By the beginning of 1915, four months after Britain declared war on Germany, the conflict in Europe was at a standstill. Thousands of miles of trenches crisscrossed Belgium and northern France, and anyone poking their head above ground was liable to attract a sniper’s attention. Desperate to break the stalemate, a young Winston Churchill pushed a plan to attack the Central powers from behind, by invading Turkey. If successful, the opening would allow the Allies to deliver much-needed supplies to the Russians on the Eastern Front and potentially swing the war in the Allies’ favor.
Allied generals believed Gallipoli, a dry peninsula jutting out into the Aegean Sea, was the key to establishing a foothold in Turkey. But the Allied planners underestimated the resistance they would face and didn’t plan for the near-impassable geography: after six months of naval and land assaults the British, French, Australian, and New Zealand soldiers fighting in Turkey had sustained many casualties but taken little land. In August, Allied commanders hatched a scheme to capture a ridge in the center of the peninsula to gain the advantage of higher ground. Among those deployed was a unit of inexperienced Brits sent on a night march through treacherous, boulder-filled gullies.

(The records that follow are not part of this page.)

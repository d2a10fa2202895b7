//! What the printers read from standard input, and what they are to write: the share printer, or the points printer, which is asked for a line of
//! points. This only reads; what is written is decided by the crates `print_feed` and `print_share`.
#![tactic(auto)]

ghost use Rattle.std.specs.Prelude.{◌≡◌, false, ◌≤◌, ltb, length, take};
ghost use Rattle.io.specs.Counts.{clamp_len};
ghost use Rattle.printer.specs.Steps.{begin};
ghost use Rattle.print_read.specs.Steps.{after_read, Reading, Printing, Lent};

use printer::Parser;
use std::io::Read;

// The parser after a read, and whether the input may go on.
#[derive(Clone, Copy)]
struct Step {
    parser: Parser,
    more: bool,
}

// Feeds what a read gave; 0 bytes are the end of the input. A read that failed refuses it: the text of a file that was cut is never written.
fn take_in(p: Parser, got: isize, slice: &[u8], file: &mut [u8]) -> Step
    ensures file_after { record { parser = result.parser; file = file.new } ≡ after_read got slice.now (record { parser = p; file = file.old }) }
    ensures more_value { result.more ≡ ltb 0 (clamp_len got (length slice.now)) }
{
    if got < 0 {
        return Step {
            parser: print_parser::wrong(p),
            more: false,
        };
    }
    let n = io::count(got, slice);
    Step {
        parser: print_feed::feed_all(p, &slice[..n], file),
        more: 0 < n,
    }
}

// Reads once, and feeds what came.
fn read_some<R: Read>(reader: &mut R, p: Parser, file: &mut [u8]) -> Step
    ensures { Reading (record { parser = p; file = file.old }) result.more (record { parser = result.parser; file = file.new }) }
{
    let mut slice = [0u8; 4096];
    let got = standard_input::read_once(reader, &mut slice);
    take_in(p, got, &slice, file)
}

// The parser at the end of the input. The loop counts its turns down from a number that no run uses up; an input that it left would be refused.
fn read_all<R: Read>(reader: &mut R, asked: bool, file: &mut [u8]) -> Parser
    ensures { Reading (record { parser = begin asked; file = file.old }) false (record { parser = result; file = file.new }) }
{
    let mut p = print_parser::start(asked);
    let mut more = true;
    let mut turns = u64::MAX;
    while turns > 0 && more {
        let step = read_some(reader, p, file);
        p = step.parser;
        more = step.more;
        turns -= 1;
    }
    if more {
        return print_parser::wrong(p);
    }
    p
}

// What is to be written, to the beginning of out. Answers how many bytes it has. The lengths are asked of the programs' own arrays.
pub fn print<R: Read>(reader: &mut R, asked: bool, file: &mut [u8], out: &mut [u8]) -> usize
    requires { Lent file.old out.old }
    ensures upper_bound { result ≤ length out.new }
    ensures printing { Printing asked (take result out.new) }
{
    let p = read_all(reader, asked, file);
    print_share::answer(p, file, out)
}
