/// Labels the node, which can give the sink more, where it has no label.
#[inline]
fn mark_start(
    rooms: &[u64],
    excess: &[u64],
    labels: &mut [u32],
    order: &mut [u32],
    tally: Tally,
    v: u32,
) -> Tally
    requires node { v < length labels.old }
    requires rooms_len { length rooms.now ≡ length labels.old }
    requires excess_len { length excess.now ≡ length labels.old }
    requires ready { IsNextLabel 1 (found_of labels.old order.old tally.count) }
    requires ones { IsLevelFrom 1 0 (found_of labels.old order.old tally.count) }
    ensures grows { Grows 1 (λ u. u ≡ v)
        (found_of labels.old order.old tally.count) (found_of labels.new order.new result.count) }
    ensures ones { IsLevelFrom 1 0 (found_of labels.new order.new result.count) }
    ensures marked { slice_index labels.new v ≤ 1 }
    ensures few { result.count ≤ tally.count + 1 }
    ensures rest { (i : ℕ) → tally.count < i →
        slice_index order.new i ≡ slice_index order.old i }
{
    if labels[v as usize] as usize != labels.len() + 2 {
        return tally;
    }
    Tally {
        count: put(labels, order, tally.count, v, 1),
        excess: tally.excess.wrapping_add(excess[v as usize]),
        room: tally.room.wrapping_add(rooms[v as usize]),
    }
}

/// Labels the nodes that can give the sink more, as `mark_starts` does, and sums what they have.
pub(crate) fn tally_starts(
    net: &Outline,
    rooms: &[u64],
    excess: &[u64],
    labels: &mut [u32],
    order: &mut [u32],
) -> Tally
    requires len { length labels.old ≡ nodes net.now }
    requires order_len { length order.old ≡ nodes net.now }
    requires rooms_len { length rooms.now ≡ nodes net.now }
    requires excess_len { length excess.now ≡ nodes net.now }
    requires labels { AreUnlabelledOrZero net.now labels.old }
    ensures limits { IsNet net.now }
    ensures starts { AreStartsButZeros net.now rooms.now labels.old (nodes net.now)
        (found_of labels.new order.new result.count) }
    ensures ones { IsLevelFrom 1 0 (found_of labels.new order.new result.count) }
{
    let _nodes = net.nodes();
    let many = list_rooms(rooms, order);
    let mut tally = Tally {
        count: 0,
        excess: 0,
        room: 0,
    };
    'starts: for place in 0..many {
        let v = order[place];
        tally = mark_start(rooms, excess, labels, order, tally, v);
    }
    tally
}

/// Labels the node to which the direction at a place leads, where what its way back can carry is
/// not used up. A node that has a label is passed over before the way back is looked up.
#[inline]
fn mark_back(
    cells: &[Cell],
    excess: &[u64],
    labels: &mut [u32],
    order: &mut [u32],
    tally: Tally,
    p: usize,
    label: u32,
) -> Tally
    requires place { p < length cells.now }
    requires opposite { opposite_in cells.now p < length cells.now }
    requires head { (standing_at cells.now p).head < length labels.old }
    requires excess_len { length excess.now ≡ length labels.old }
    requires ready { IsNextLabel label (found_of labels.old order.old tally.count) }
    ensures grows { Grows label (λ v. (v ≡ (standing_at cells.now p).head)
        × (0 < (standing_opposite cells.now p).residual))
        (found_of labels.old order.old tally.count) (found_of labels.new order.new result.count) }
    ensures marked { 0 < (standing_opposite cells.now p).residual →
        slice_index labels.new (standing_at cells.now p).head ≤ label }
{
    let head = cells[p].head;
    if labels[head as usize] as usize != labels.len() + 2
        || cells[cells[p].opposite as usize].residual == 0
    {
        return tally;
    }
    Tally {
        count: put(labels, order, tally.count, head, label),
        excess: tally.excess.wrapping_add(excess[head as usize]),
        room: tally.room,
    }
}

The soldiers never reached their destination. While stumbling through the unfamiliar terrain they came under attack from 30,000 Ottoman troops supported by machine guns. It was a slaughter. Among the British dead was a promising young physicist who had reshaped the periodic table just before shipping off to war, and his death would reshape the way militaries determined who was and was not sent to war.